Sei anni fa, nelle strade, nelle scuole e nelle caserme di Genova abbiamo lasciato una bella fetta della nostra fiducia nelle istituzioni. Nell’arco di un paio di giorni le garanzie costituzionali furono travolte e lo stato di diritto finì sepolto sotto una gragnuola di manganellate e un diluvio di lacrimogeni. Il corpo di Carlo Giuliani in piazza Alimonda, circondato da uno schieramento di agenti, è l’immagine che meglio riassume la frattura che si consumò in quei giorni.
Sono passati sei anni e molte cose nel frattempo sono accadute, ma quella frattura è lontana dalla ricomposizione. Nessuno, ai vertici delle istituzioni, ha mai chiesto scusa alle vittime degli abusi. Alcuni dei dirigenti imputati nei processi in corso sono stati addirittura promossi. Nemmeno le sentenze del tribunale civile, che hanno obbligato il ministero degli Interni a risarcire cinque cittadini ingiustamente picchiati nelle strade della città, hanno indotto i vertici politici a prendere finalmente le distanze dalla disastrosa gestione dell’ordine pubblico attuata nel luglio 2001.

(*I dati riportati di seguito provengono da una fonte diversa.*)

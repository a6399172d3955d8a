//! Steps on the maps of a `BorderTable`.

ghost use Rattle.std.specs.Prelude.{◌≡◌, ◌+◌, ◌<◌, ◌^◌, ◌||◌, OnOk, nat_eq, option_copied, option_and_then};
ghost use Rattle.std.specs.HashMap.{get as map_get};
ghost use Rattle.papergrid_values.specs.declared.direction.Direction.TheVariants.{Columns, Rows};
ghost use Rattle.papergrid_tables.specs.BorderCalls.{below, right_of, is_edge_of, is_corner_of, edge_part, corner_part};
ghost use Rattle.papergrid_tables.specs.ForProofs.CountedParts.{AreCornersCounted, AreEdgesCounted, HasCornerRoom, HasEdgeRoom};
ghost use Rattle.papergrid_tables.specs.ForProofs.CountedLines.{is_stored, reaches};
ghost use Rattle.papergrid_tables.specs.ForProofs.Maps.{Gains, HoldsAsBefore, Loses};
ghost use Rattle.papergrid_tables.specs.BorderParts as border_parts;

use crate::counted_lines::Lines;
use crate::counted_parts::{Corners, Edges};
use crate::line_counts::LineCounts;
use papergrid_values::{
    Border, Borders, Direction, HorizontalLine, Position, VerticalLine, hashed,
};
use std::alloc::AllocError;
use std::collections::HashMap;

/// The main part of the vertical line at a column.
pub(crate) fn vertical_main<T>(lines: &HashMap<usize, VerticalLine<T>>, col: usize) -> Option<&T>
    ensures { option_copied result
        ≡ option_and_then (λ line. line.main) (map_get nat_eq lines.now col) }
{
    lines.get(&col)?.main.as_ref()
}

/// The main part of the horizontal line at a row.
pub(crate) fn horizontal_main<T>(
    lines: &HashMap<usize, HorizontalLine<T>>,
    row: usize,
) -> Option<&T>
    ensures { option_copied result
        ≡ option_and_then (λ line. line.main) (map_get nat_eq lines.now row) }
{
    lines.get(&row)?.main.as_ref()
}

/// The part of a row's line where a column crosses it, in a table of so many columns.
pub(crate) fn row_part<T>(line: Option<&HorizontalLine<T>>, col: usize, cols: usize) -> Option<&T>
    ensures { option_copied result
        ≡ option_and_then (border_parts.of_horizontal_line col cols) (option_copied line.entry) }
{
    let line = line?;
    crossed(col, cols, &line.left, &line.right, &line.intersection)
}

/// The part of a column's line where a row crosses it, in a table of so many rows.
pub(crate) fn column_part<T>(line: Option<&VerticalLine<T>>, row: usize, rows: usize) -> Option<&T>
    ensures { option_copied result
        ≡ option_and_then (border_parts.of_vertical_line row rows) (option_copied line.entry) }
{
    let line = line?;
    crossed(row, rows, &line.top, &line.bottom, &line.intersection)
}

// The first part that is set, of those that count at an index of a line.
fn crossed<'a, T>(
    index: usize,
    count: usize,
    first: &'a Option<T>,
    end: &'a Option<T>,
    inner: &'a Option<T>,
) -> Option<&'a T>
    ensures { option_copied result
        ≡ border_parts.crossing_part index count first.now end.now inner.now }
{
    only_if(index == 0, first)
        .or(only_if(index == count, end))
        .or(only_if((index != 0) & (index != count), inner))
}

fn only_if<T>(counts: bool, part: &Option<T>) -> Option<&T>
    ensures { option_copied result ≡ border_parts.only_if counts part.now }
{
    if counts { part.as_ref() } else { None }
}

/// The frame's part for the vertical line at a column.
pub(crate) fn frame_vertical<T>(frame: &Borders<T>, col: usize, count: usize) -> Option<&T>
    ensures { option_copied result ≡ border_parts.frame_vertical frame.now col count }
{
    if col == count {
        frame.right.as_ref()
    } else if col == 0 {
        frame.left.as_ref()
    } else {
        frame.vertical.as_ref()
    }
}

/// The frame's part for the horizontal line at a row.
pub(crate) fn frame_horizontal<T>(frame: &Borders<T>, row: usize, count: usize) -> Option<&T>
    ensures { option_copied result ≡ border_parts.frame_horizontal frame.now row count }
{
    if row == 0 {
        frame.top.as_ref()
    } else if row == count {
        frame.bottom.as_ref()
    } else {
        frame.horizontal.as_ref()
    }
}

/// The frame's part where two lines cross.
pub(crate) fn of_frame<T>(
    frame: &Borders<T>,
    position: Position,
    shape: (usize, usize),
) -> Option<&T>
    ensures { option_copied result ≡ border_parts.of_frame frame.now position shape.0 shape.1 }
{
    let (rows, cols) = shape;
    if position.row == 0 && position.col == 0 {
        frame.top_left.as_ref()
    } else if position.row == 0 && position.col == cols {
        frame.top_right.as_ref()
    } else if position.row == rows && position.col == 0 {
        frame.bottom_left.as_ref()
    } else if position.row == rows && position.col == cols {
        frame.bottom_right.as_ref()
    } else if position.row == 0 {
        frame.top_intersection.as_ref()
    } else if position.row == rows {
        frame.bottom_intersection.as_ref()
    } else if position.col == 0 {
        frame.left_intersection.as_ref()
    } else if position.col == cols {
        frame.right_intersection.as_ref()
    } else {
        frame.intersection.as_ref()
    }
}

/// Whether the frame has a part for the vertical line at a column.
pub(crate) fn in_frame_vertical<T>(frame: &Borders<T>, col: usize, count: usize) -> bool
    ensures { result ≡ border_parts.in_frame Columns frame.now col count }
{
    if 0 < col && col < count {
        return frame.has_vertical();
    }
    (col == 0 && frame.has_left()) || (col == count && frame.has_right())
}

/// Whether the frame has a part for the horizontal line at a row.
pub(crate) fn in_frame_horizontal<T>(frame: &Borders<T>, row: usize, count: usize) -> bool
    ensures { result ≡ border_parts.in_frame Rows frame.now row count }
{
    if 0 < row && row < count {
        return frame.has_horizontal();
    }
    (row == 0 && frame.has_top()) || (row == count && frame.has_bottom())
}

/// Whether one of the first lines, which are those across, ends at an index of so many with that end
/// set, or there one of the second lines is stored, or one of the counts, which are those of the
/// edges and of the corners, is above 0.
pub(crate) fn is_set_at<A, L>(
    index: (usize, usize),
    lines: (&Lines<A>, &Lines<L>),
    counts: (&LineCounts, &LineCounts),
) -> bool
    ensures { result ≡ (reaches index.0 index.1 lines.entry.0.now
        || is_stored lines.entry.1.now.values counts.entry.0.now counts.entry.1.now index.0) }
{
    if lines.0.reach(index.0, index.1) {
        return true;
    }
    // Most tables hold none at all.
    if lines.1.values.is_empty() && counts.0.is_bare() && counts.1.is_bare() {
        return false;
    }
    is_found_at(index.0, &lines.1.values, counts)
}

// Whether a line is stored, or a count is above 0, by look-ups. They stand apart, so that a question about a
// table that holds none keeps no registers for them.
#[inline(never)]
fn is_found_at<L>(
    line: usize,
    lines: &HashMap<usize, L>,
    counts: (&LineCounts, &LineCounts),
) -> bool
    ensures { result ≡ is_stored lines.now counts.entry.0.now counts.entry.1.now line }
{
    hashed::is_stored(lines, line) || counts.0.holds(line) || counts.1.holds(line)
}

/// The positions below a position, to the right of it, and below that one. Condition: the next row
/// and column exist in `usize`.
pub(crate) fn neighbours(position: Position) -> (Position, Position, Position)
    requires row { position.row + 1 < 2 ^ 64 }
    requires col { position.col + 1 < 2 ^ 64 }
    ensures { result ≡ (below position, right_of position, below (right_of position)) }
{
    let below = Position::new(position.row + 1, position.col);
    let right_of = Position::new(position.row, position.col + 1);
    (
        below,
        right_of,
        Position::new(position.row + 1, position.col + 1),
    )
}

/// Makes room for the parts of a border.
pub(crate) fn reserve<T>(
    horizontal: &mut Edges<T>,
    vertical: &mut Edges<T>,
    corners: &mut Corners<T>,
) -> Result<(), AllocError>
    ensures same_horizontal { HoldsAsBefore horizontal.old.values horizontal.new.values }
    ensures same_vertical { HoldsAsBefore vertical.old.values vertical.new.values }
    ensures same_corners { HoldsAsBefore corners.old.values corners.new.values }
    ensures counted_horizontal { AreEdgesCounted Rows horizontal.old →
        AreEdgesCounted Rows horizontal.new }
    ensures counted_vertical { AreEdgesCounted Columns vertical.old →
        AreEdgesCounted Columns vertical.new }
    ensures counted_corners { AreCornersCounted corners.old → AreCornersCounted corners.new }
    ensures room_horizontal { OnOk result (HasEdgeRoom 2 horizontal.new) }
    ensures room_vertical { OnOk result (HasEdgeRoom 2 vertical.new) }
    ensures room_corners { OnOk result (HasCornerRoom 4 corners.new) }
{
    horizontal.reserve(2)?;
    vertical.reserve(2)?;
    corners.reserve(4)
}

/// Writes the parts of a border that are set, where there is room.
pub(crate) fn put_border<T: Drop>(
    horizontal: &mut Edges<T>,
    vertical: &mut Edges<T>,
    corners: &mut Corners<T>,
    position: Position,
    border: Border<T>,
)
    requires row { position.row + 1 < 2 ^ 64 }
    requires col { position.col + 1 < 2 ^ 64 }
    requires room_horizontal { HasEdgeRoom 2 horizontal.old }
    requires room_vertical { HasEdgeRoom 2 vertical.old }
    requires room_corners { HasCornerRoom 4 corners.old }
    requires counted_horizontal { AreEdgesCounted Rows horizontal.old }
    requires counted_vertical { AreEdgesCounted Columns vertical.old }
    requires counted_corners { AreCornersCounted corners.old }
    ensures horizontal { Gains (edge_part Rows position border)
        horizontal.old.values horizontal.new.values }
    ensures vertical { Gains (edge_part Columns position border)
        vertical.old.values vertical.new.values }
    ensures corners { Gains (corner_part position border) corners.old.values corners.new.values }
    ensures counted_horizontal { AreEdgesCounted Rows horizontal.new }
    ensures counted_vertical { AreEdgesCounted Columns vertical.new }
    ensures counted_corners { AreCornersCounted corners.new }
{
    let (below, right_of, opposite) = neighbours(position);
    horizontal.put(Direction::Rows, below, border.bottom);
    horizontal.put(Direction::Rows, position, border.top);
    vertical.put(Direction::Columns, right_of, border.right);
    vertical.put(Direction::Columns, position, border.left);
    corners.put(opposite, border.right_bottom_corner);
    corners.put(below, border.left_bottom_corner);
    corners.put(right_of, border.right_top_corner);
    corners.put(position, border.left_top_corner);
}

/// Drops the edges and corners of a cell.
pub(crate) fn take_border<T: Drop>(
    horizontal: &mut Edges<T>,
    vertical: &mut Edges<T>,
    corners: &mut Corners<T>,
    position: Position,
)
    requires row { position.row + 1 < 2 ^ 64 }
    requires col { position.col + 1 < 2 ^ 64 }
    requires counted_horizontal { AreEdgesCounted Rows horizontal.old }
    requires counted_vertical { AreEdgesCounted Columns vertical.old }
    requires counted_corners { AreCornersCounted corners.old }
    ensures horizontal { Loses (is_edge_of Rows position)
        horizontal.old.values horizontal.new.values }
    ensures vertical { Loses (is_edge_of Columns position) vertical.old.values vertical.new.values }
    ensures corners { Loses (is_corner_of position) corners.old.values corners.new.values }
    ensures counted_horizontal { AreEdgesCounted Rows horizontal.new }
    ensures counted_vertical { AreEdgesCounted Columns vertical.new }
    ensures counted_corners { AreCornersCounted corners.new }
{
    let (below, right_of, opposite) = neighbours(position);
    horizontal.take(Direction::Rows, position);
    horizontal.take(Direction::Rows, below);
    vertical.take(Direction::Columns, position);
    vertical.take(Direction::Columns, right_of);
    corners.take(position);
    corners.take(right_of);
    corners.take(below);
    corners.take(opposite);
}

Invece di mandare ai cittadini un messaggio di legalità, si è scelto di avallare, ancora una volta, i vertici delle forze di sicurezza. Il capo della polizia Gianni De Gennaro è stato sostituito, ma solo “per fine naturale del mandato”, ed è stato indicato per un ruolo fiduciario molto delicato: capo di gabinetto del ministero dell’Interno. Al suo posto è stato promosso il vice, Antonio Manganelli. Il governo ha dunque compiuto una scelta di continuità e di legittimazione. È un’altra offesa a chiunque sappia ciò che è avvenuto a Genova. In questo contesto, viene svuotata di significato politico la stessa proposta di istituire una commissione parlamentare d’inchiesta.
La verità è che sono passati sei anni e siamo obbligati a prendere atto che la sospensione dei diritti costituzionali è un’eventualità che non suscita sdegno, almeno al vertice dello stato. Il “caso De Gennaro” dimostra che il potere politico è incapace d’imporsi sugli apparati. A Genova i processi continuano, ma gli oltre settanta imputati, fra agenti, funzionari e dirigenti delle forze dell’ordine, sanno già che la prescrizione impedirà di arrivare al terzo grado di giudizio. Nel frattempo potranno contare sulla copertura garantita dai vertici dei rispettivi corpi di appartenenza e dal potere politico.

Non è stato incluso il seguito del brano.